Paper No. 89-13
Presentation Time: 11:15 AM
CONSTRAINING THE MID-TEMPERATURE THERMAL AND HYDROTHERMAL HISTORY OF THE BUSHVELD IGNEOUS COMPLEX: INSIGHTS FROM APATITE U-PB AND BIOTITE AR-AR GEOCHRONOLOGY
SETERA, Jacob1, VANTONGEREN, Jill1, TURRIN, Brent1, SCHOENE, Blair2 and SWISHER III, Carl1, (1)Department of Earth and Planetary Sciences, Rutgers University, 610 Taylor Road, Piscataway, NJ 08854, (2)Department of Geosciences, Princeton University, Guyot Hall, Princeton, NJ 08544
Slow cooling of large layered mafic intrusions, such as the Bushveld Igneous Complex, was originally inferred from coarse grain sizes, large-scale layering and concentrated precious metal deposits. However, recent chronologic data and numerical modelling suggests the contrary [e.g. 1-3]. These studies indicate that the Rustenburg Layered Suite (RLS), the predominately mafic/ultramafic unit associated the Bushveld Igneous Complex, cooled rapidly to temperatures well below the solidus. The numerical models of the RLS thermal history all assume heat loss via conduction only [1,3]. The conduction-only assumption must be questioned, as there is abundant mineralogical evidence for a vast hydrothermal system within the RLS as well as in the surrounding host rocks. We report
40Ar/
39Ar biotite ages for the Eastern Limb of the RLS encompassing a total of ~6.5 km of stratigraphy. Weighted mean
40Ar/
39Ar biotite ages lack any systematic variation with stratigraphy and also overlap with published U-Pb zircon ages [1,2], indicating that the entire body cooled rapidly from zircon crystallization temperatures of ~750-850 °C to the ~350 °C closure temperature of biotite. The homogenous cooling of the RLS to the closure temperature of biotite suggests additional advective heat loss due to the hydrothermal system associated with the emplacement of the RLS.

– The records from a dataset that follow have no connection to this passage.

//! Calls that the calling thread runs in the heap itself, ahead of rounds.

ghost use Rattle.std.specs.Prelude.{◌≡◌, drop, map, IfOk, MatchOption, OnErr};
ghost use Rattle.ca_program.specs.View.{program_view};
ghost use Rattle.ca_model.specs.Typed.{TypedHeap};
ghost use Rattle.ca_meaning.specs.ProgramTyped.{ProgramTyped};
ghost use Rattle.ca_meaning.specs.WellTyped.{AllWellTyped};
ghost use Rattle.ca_parallel.specs.Calls.{invocations_of, operation_of};
ghost use Rattle.ca_undo.specs.Puts.{before};
ghost use Rattle.ca_workers.specs.clauses.Ahead.{EndsAhead, RanFront, WaitFrom};
ghost use Rattle.ca_workers.specs.clauses.Runs.{Placed};

use crate::parallel::Parallel;
use crate::tasks::{behind, split_behind};
use ca_base::{Gate, Memory};
use ca_model::Heap;
use ca_parallel::Op;
use ca_run::OneWorker;
use ca_schedule::{Known, Neighbours, Patience, calls_none, turn_of, weight_of};
use ca_sections::Coded;
use std::alloc::Global;
use std::sync::Wait;
use std::thread::Threads;

/// How many of some calls ran, and the steps that are left then.
#[derive(Clone, Copy)]
pub struct Front {
    pub count: usize,
    pub left: u64,
}

/// Whether the next call stays for rounds: what ran is enough, or it calls others, which would run with it.
fn stays(known: &Vec<Known>, patience: &mut Patience<'_>, op: &Op, waits: usize) -> bool {
    if !calls_none(known, op) {
        return true;
    }
    patience.is_over(weight_of(known, op), turn_of(known, op), 0, waits as u64)
}

/// Runs calls in the heap itself, in their order and within a budget of steps, until what ran is enough, or the next one calls others.
/// `None`: one isn't done. Whatever comes of it, it can be undone.
///
/// Neighbours of one receiver pass the gate once, as worker 0, and operations that take no lock don't.
fn run_front<G: Gate>(
    one: &mut OneWorker<'_, G>,
    alloc: Global,
    program: &Coded<'_>,
    heap: &mut Heap,
    calls: &[Op],
    left: u64,
    known: &mut Vec<Known>,
    patience: &mut Patience<'_>,
) -> Result<Option<Front>, Memory>
    requires program { ProgramTyped (program_view program.now) }
    requires heap { TypedHeap (program_view program.now) heap.old }
    requires typed { AllWellTyped (program_view program.now) heap.old (invocations_of calls.now) }
    ensures ran { IfOk result (λ front. RanFront (program_view program.now) heap.old calls.now left heap.new front) }
    ensures before { before one.new.kept heap.new ≡ heap.old }
{
    one.begin();
    let mut neighbours = Neighbours::none();
    let mut count: usize = 0;
    let mut still = left;
    'front: for op in calls {
        if stays(known, patience, op, calls.len().saturating_sub(count)) {
            break;
        }
        let weight = weight_of(known, op);
        let turn = turn_of(known, op);
        let passes = neighbours.pass_with(alloc, program.program(), known, op);
        let ran = one.run_more(program, heap, op, still, passes)?;
        match ran {
            Some(less) => {
                patience.went(still.saturating_sub(less), weight, turn);
                still = less;
                count += 1;
            }
            None => return Ok(None),
        }
    }
    Ok(Some(Front { count, left: still }))
}

impl<'g, G: Gate + Sync> Parallel<'g, G> {
    /// Runs the first ones of some calls in the heap itself, as long as they are to. Where one isn't done, the heap is as it was.
    fn begin_ahead(
        &mut self,
        program: &Coded<'_>,
        heap: &mut Heap,
        calls: &[Op],
        left: u64,
        patience: &mut Patience<'_>,
    ) -> Result<Option<Front>, Memory>
        requires program { ProgramTyped (program_view program.now) }
        requires heap { TypedHeap (program_view program.now) heap.old }
        requires typed { AllWellTyped (program_view program.now) heap.old (invocations_of calls.now) }
        ensures ran { IfOk result (λ front. RanFront (program_view program.now) heap.old calls.now left heap.new front) }
        ensures before { IfOk result (λ front. MatchOption front (heap.new ≡ heap.old) (λ _. before self.new.one.kept heap.new ≡ heap.old)) }
        ensures kept { OnErr result (heap.new ≡ heap.old) }
    {
        match run_front(
            &mut self.one,
            self.alloc,
            program,
            heap,
            calls,
            left,
            self.schedule.known(),
            patience,
        ) {
            Ok(Some(front)) => Ok(Some(front)),
            Ok(None) => {
                self.one.undo(heap);
                Ok(None)
            }
            Err(wanting) => {
                self.one.undo(heap);
                Err(wanting)
            }
        }
    }

    /// Goes on behind calls that ran in the heap, where the others ended so, for which so many steps were left: where they aren't done,
    /// all is undone.
    fn end_ahead(
        &mut self,
        heap: &mut Heap,
        left: u64,
        rest: u64,
        ended: Result<Option<u64>, Memory>,
    ) -> Result<Option<u64>, Memory>
        ensures { EndsAhead left rest ended result heap.old heap.new (before self.old.one.kept heap.old) }
    {
        let told = match ended {
            Ok(told) => told,
            Err(wanting) => {
                self.one.undo(heap);
                return Err(wanting);
            }
        };
        match told {
            Some(more) => {
                let still = rest.saturating_sub(more);
                let steps = left.saturating_sub(still);
                Ok(Some(steps))
            }
            None => {
                self.one.undo(heap);
                Ok(None)
            }
        }
    }

    /// Runs calls that are lent in the heap itself until what ran is enough, and the others from there as `run_alone_first` does.
    pub(crate) fn run_lent<R: Threads + Wait + Sync>(
        &mut self,
        rt: &R,
        program: &Coded<'_>,
        heap: &mut Heap,
        calls: &[Op],
        left: u64,
    ) -> Result<Option<u64>, Memory>
        requires waits { WaitFrom (program_view program.now) heap.old (map operation_of calls.now) (invocations_of calls.now) }
        ensures placed { IfOk result (Placed (program_view program.now) heap.old heap.old (invocations_of calls.now) left heap.new) }
        ensures kept { OnErr result (heap.new ≡ heap.old) }
    {
        let objects = heap.len();
        let values = heap.values();
        let count = calls.len();
        let mut patience = Patience::new(
            self.alloc,
            program,
            calls,
            count,
            self.workers,
            objects,
            values,
        );
        let begun = self.begin_ahead(program, heap, calls, left, &mut patience)?;
        let front = match begun {
            Some(front) => front,
            None => return Ok(None),
        };
        let rest = behind(calls, front.count);
        let none = Vec::new(self.alloc);
        let still = front.left;
        let ended = self.run_alone_first(
            rt,
            program,
            heap,
            calls,
            rest,
            none,
            still,
            &mut patience,
        );
        self.end_ahead(heap, left, still, ended)
    }

    /// The others of some calls, of the extent of roots, as `run_alone_first` runs them.
    fn run_rest<R: Threads + Wait + Sync>(
        &mut self,
        rt: &R,
        program: &Coded<'_>,
        heap: &mut Heap,
        roots: &[Op],
        mut calls: Vec<Op>,
        front: Front,
        patience: &mut Patience<'_>,
    ) -> Result<Option<u64>, Memory>
        requires waits { WaitFrom (program_view program.now) heap.old (map operation_of roots.now) (invocations_of (drop front.count calls.items)) }
        ensures placed { IfOk result (Placed (program_view program.now) heap.old heap.old (invocations_of (drop front.count calls.items)) front.left heap.new) }
        ensures kept { OnErr result (heap.new ≡ heap.old) }
        ensures one { self.new.one.kept ≡ self.old.one.kept }
    {
        let rest = split_behind(self.alloc, &mut calls, front.count)?;
        let left = front.left;
        self.run_alone_first(rt, program, heap, roots, &[], rest, left, patience)
    }

    /// Runs calls of the extent of roots in the heap itself until what ran is enough, and the others as `run_rest` does.
    pub(crate) fn run_owned<R: Threads + Wait + Sync>(
        &mut self,
        rt: &R,
        program: &Coded<'_>,
        heap: &mut Heap,
        roots: &[Op],
        calls: Vec<Op>,
        left: u64,
    ) -> Result<Option<u64>, Memory>
        requires waits { WaitFrom (program_view program.now) heap.old (map operation_of roots.now) (invocations_of calls.items) }
        ensures placed { IfOk result (Placed (program_view program.now) heap.old heap.old (invocations_of calls.items) left heap.new) }
        ensures kept { OnErr result (heap.new ≡ heap.old) }
    {
        let objects = heap.len();
        let values = heap.values();
        let count = calls.len();
        let mut patience = Patience::new(
            self.alloc,
            program,
            roots,
            count,
            self.workers,
            objects,
            values,
        );
        let begun = self.begin_ahead(program, heap, calls.as_slice(), left, &mut patience)?;
        let front = match begun {
            Some(front) => front,
            None => return Ok(None),
        };
        let ended = self.run_rest(rt, program, heap, roots, calls, front, &mut patience);
        self.end_ahead(heap, left, front.left, ended)
    }
}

While biotite results confirm rapid cooling of the RLS and indicate additional advective heat loss, the low closure temperature and uncertainty of 40Ar/39Ar dating (±2 Ma) limit our ability to resolve the age differences needed to elucidate the cause of this rapid cooling. We report precise apatite U-Pb ages (closure temperature of ~400-550°C) from 3 stratigraphic levels of the RLS, refining current numerical models and further elucidating whether the body cooled quickly due to advection related heat loss and associated hydrothermal circulation. The U-Pb apatite ages also constrain the rate of paleomagnetic reversals during the Paleoproterozoic, as the RLS records 7 well-defined paleomagnetic reversals throughout the ~9 km of stratigraphy [4].
[1] Zeh et al. (2015) Earth Planet Sc Lett 418, 103-114. [2] Mungall et al. (2016) Nat Commun 7, 133385. [3] Cawthorn & Webb (2013) Geology 41(6), 687-690. [4] Letts et al. (2009) Geophys J Int, 179(2), 850-872.